I know it’s not perfectly accurate, but it can give you a general idea. For instance, I’ve tracked the increase and subsequent decrease in the value of our home to its present value, less than we paid in 2003. Fun times!

When Gatito’s school directory finally arrived, I confess I was curious about the homes his classmates live in. A told me I was being cheesy but I couldn’t help it. I already knew that one child arrives in a Bentley, and that my sister (whose son attended) had described the unimaginable wealth and laughed her ass off at me when I asked if she thought there was a used uniform exchange. (BTW, there is. I could’ve bought used sweaters for five bucks but I didn’t know till I’d already bought new ones.) And I know home prices aren’t exactly indicative of wealth– people spend money in different ways and many bought much more house than they could really afford– but again, it can give a general idea.

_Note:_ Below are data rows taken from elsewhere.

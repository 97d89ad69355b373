//! The commands `check` and `apply`: each makes the call of its name on an image, prints a line if the
//! call fails, and returns the status.

ghost use Rattle.std.specs.Prelude.{◌≡◌, ◌≤◌};
ghost use Rattle.cd_image.specs.Running.{RunsApply, RunsCheck, script_status};
ghost use Rattle.cd_stream.specs.Stream.{CanCountFailure};
ghost use Rattle.cd_sector.specs.Image.{base_limit};

use crate::applying::{apply, check};
use crate::patch_log::Tally;
use cd_read::{DONE, FOUND, Fault, report_fault};
use cd_script::Script;
use cd_stream::{Sink, Source};

/// The status of a script that was applied or checked completely.
fn status_of(tally: &Tally) -> u8
    ensures { result ≡ script_status tally.now }
{
    if tally.refused == 0 { DONE } else { FOUND }
}

/// Decides each patch of a script on an image, writes its line to `log`, and returns the status: 0,
/// 1 if a patch is refused, or 2 after an error. The error is reported in `log`, unless the log
/// itself has failed. `carry` says whether damage is carried.
///
/// # Examples
///
/// ```
/// let script = parse(rt.alloc(), b"cdpatch 1\nset 0 0 41\n")?;
/// let (mut image, mut space) = (ZeroSource::new(0), [0; 64]);
/// let mut log = SliceSink::new(&mut space);
/// assert_eq!(rt; run_check(&mut image, &script, 0, false, &mut log), 1);
/// assert!(rt; log.written().starts_with(b"line 2: refused: no block 0\n"));
/// ```
pub fn run_check<I: Source, L: Sink>(
    image: &mut I,
    script: &Script,
    base: u32,
    carry: bool,
    log: &mut L,
) -> u8
    requires base { base ≤ base_limit }
    requires image_countable { CanCountFailure (I.seen image.old).failures }
    requires log_countable { CanCountFailure (L.seen log.old).failures }
    ensures { RunsCheck carry script.now base (I.seen image.old) (I.seen image.new)
        (L.seen log.old) (L.seen log.new) result }
{
    match check(image, script, base, carry, log) {
        Ok(tally) => status_of(&tally),
        Err(fault) => report_fault(fault, Fault::Log, log),
    }
}

/// Applies a script to an image, writes the patched image to `out` and the line of each patch to
/// `log`, and returns the status: 0, 1 if a patch is refused, or 2 after an error. The error is
/// reported in `log`, unless the log itself has failed.
///
/// # Examples
///
/// ```
/// let script = parse(rt.alloc(), b"cdpatch 1\nset 0 0 41\n")?;
/// let (mut image, mut space) = (ZeroSource::new(3), [7; 4]);
/// let (mut out, mut log) = (SliceSink::new(&mut space), ToWrite::new(io::sink()));
/// let status = run_apply(&mut image, &script, 0, false, &mut out, &mut log);
/// assert_eq!(rt; (status, out.written().len()), (1, 3)); // no block 0, and the tail goes out
/// ```
pub fn run_apply<I: Source, O: Sink, L: Sink>(
    image: &mut I,
    script: &Script,
    base: u32,
    carry: bool,
    out: &mut O,
    log: &mut L,
) -> u8
    requires base { base ≤ base_limit }
    requires image_countable { CanCountFailure (I.seen image.old).failures }
    requires out_countable { CanCountFailure (O.seen out.old).failures }
    requires log_countable { CanCountFailure (L.seen log.old).failures }
    ensures { RunsApply carry script.now base (I.seen image.old) (I.seen image.new)
        (O.seen out.old) (O.seen out.new) (L.seen log.old) (L.seen log.new) result }
{
    match apply(image, script, base, carry, out, log) {
        Ok(tally) => status_of(&tally),
        Err(fault) => report_fault(fault, Fault::Log, log),
    }
}
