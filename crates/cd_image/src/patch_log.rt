//! Writes the log: a line for each patch, then a line with their counts.

ghost use Rattle.cd_stream.specs.Transfer.{Flushes, Sends};
ghost use Rattle.cd_run.specs.PatchLog.{counts_line, log_line};
ghost use Rattle.cd_stream.specs.Stream.{CanCountFailure};

use cd_patch::Outcome;
use cd_read::LogFailed;
use cd_run::{counts_line, outcome_line};
use cd_script::Patch;
use cd_stream::{Sink, write_all};

/// The numbers of accepted and refused patches, and the size of the image.
#[derive(Clone, Copy, Debug, PartialEq, Eq)]
pub struct Tally {
    /// Patches that were accepted.
    pub applied: u32,
    /// Patches that were refused.
    pub refused: u32,
    /// Complete sectors of the image.
    pub sectors: u32,
    /// Bytes after the last complete sector.
    pub tail: u16,
}

/// Writes the line of a patch.
pub(crate) fn send_outcome<L: Sink>(
    patch: &Patch,
    outcome: Outcome,
    log: &mut L,
) -> Result<(), LogFailed>
    requires { CanCountFailure (L.seen log.old).failures }
    ensures { Sends (L.seen log.old) (L.seen log.new) (log_line patch.now outcome) result }
{
    Ok(write_all(log, outcome_line(patch.line, outcome).as_slice())?)
}

/// Writes the last line, with the counts.
pub(crate) fn send_counts<L: Sink>(applied: u32, refused: u32, log: &mut L) -> Result<(), LogFailed>
    requires { CanCountFailure (L.seen log.old).failures }
    ensures { Sends (L.seen log.old) (L.seen log.new) (counts_line applied refused) result }
{
    Ok(write_all(log, counts_line(applied, refused).as_slice())?)
}

/// Proof step: flushes the log; a failure is a `LogFailed`.
pub(crate) fn finish_log<L: Sink>(log: &mut L) -> Result<(), LogFailed>
    requires { CanCountFailure (L.seen log.old).failures }
    ensures { Flushes (L.seen log.old) (L.seen log.new) result }
{
    Ok(log.finish()?)
}
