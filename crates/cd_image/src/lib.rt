//! Applies a script of patches to an image of raw CD sectors (ECMA-130, 14) while copying it from a
//! source to a sink, in one pass. Re-exports the sources and sinks of cd_stream and the reports of
//! cd_report.
//!
//! ```
//! let script = parse(rt.alloc(), b"cdpatch 1\nset 0 0 41\n")?;
//! let sector = encode([0x00, 0x02, 0x00], &[0x00; USER_SIZE]); // block 0
//! let (mut image, mut space) = (SliceSource::new(sector.bytes()), [0; SECTOR_SIZE]);
//! let (mut out, mut log) = (SliceSink::new(&mut space), ToWrite::new(io::sink()));
//! apply(&mut image, &script, 0, false, &mut out, &mut log)?;
//! assert_eq!(rt; out.written().get(16), Some(&0x41)); // the first user byte
//! ```
//!
//! The log has a line for each patch, in the order of their blocks, and a last line with their
//! counts:
//!
//! | Line | When |
//! |---|---|
//! | `line L: applied` | the patch in line L of the script was accepted |
//! | `line L: refused: WHY` | it was refused, and changes nothing |
//! | `applied A refused R` | at the end |
//!
//! [`apply`] holds at most three sectors, as many as a patch may meet, and allocates no memory. An
//! image has at most a million sectors, and the number of its first block is at most 449,849.
//!
//! Tests: `crates/cd_image_tests`.
#![tactic(auto)]

mod applying;
mod commands;
mod discard;
mod pass;
mod patch_log;

pub use applying::{apply, check};
pub use cd_patch::Outcome;
pub use cd_read::Fault;
pub use cd_report::{AuditTally, ListTally, audit, list};
pub use cd_stream::{
    Buffered, FailAfter, FromRead, Short, Sink, SinkFailed, SliceSink, SliceSource, Source,
    SourceFailed, ToWrite, ZeroSource,
};
pub use commands::{run_apply, run_check};
pub use discard::NullSink;
pub use patch_log::Tally;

Unfortunately I don’t know the name of the kid who arrives in a Bentley (and is in a younger class), so I couldn’t look that one up. But I looked at everyone in Gatito’s class and found that house values (and prices paid) mostly ranged from right around the price of our home to about twice as much. I was surprised. I mean, we were definitely at the bottom of the range (and for many people this is on only one salary), and twice as much is a lot more, but it’s not ten times more. (There were, of course, a smattering of very expensive homes, but these were by far the minority.)

I don’t know if it’s wrong to do what I did, and I don’t know how I would have felt if the information had been different, but I feel a whole lot better. I feel like I don’t have to be embarrassed to have people over to our house or worry that they might think it is a shack.

And actually, while I’m on the point of perceptions not matching reality: I walked into that school expecting exactly nothing in terms of relationships with the other parents and I have ended up being pleasantly surprised by the friendliness. A couple of women have been very cold (incidentally, the ones with the fanciest houses), but by and large, most of the parents I’ve met have been warm and open.

***

We attended the birthday party of the boy whose parents requested only used items to donate to charity in lieu of gifts today. I didn’t bring something used, but I did bring a re-wrap– a baby gift basket that included a onesie, booties, wash cloths, a blanket, etc. I figured a family in crisis with a newborn might be very happy to receive such a thing. It was really hard for me not to bring anything even small for the birthday boy, like a single matchbox car. Instead, I had Gatito draw him a picture.

I noticed at least one other person giving a new toy. It was unwrapped, so I assume the intended it for donation and I realized that there was another angle, which is that in asking people to give gently used toys, they’re asking other parents to take something away from their child on terms that someone else set up. And when that new gift arrived, I watched  the birthday boy sort of chase his mother to the closet, nose in the bag, while she reminded him that people were bringing things to donate. I’m sure he doesn’t want for anything, but still, I couldn’t help feeling a little badly for him.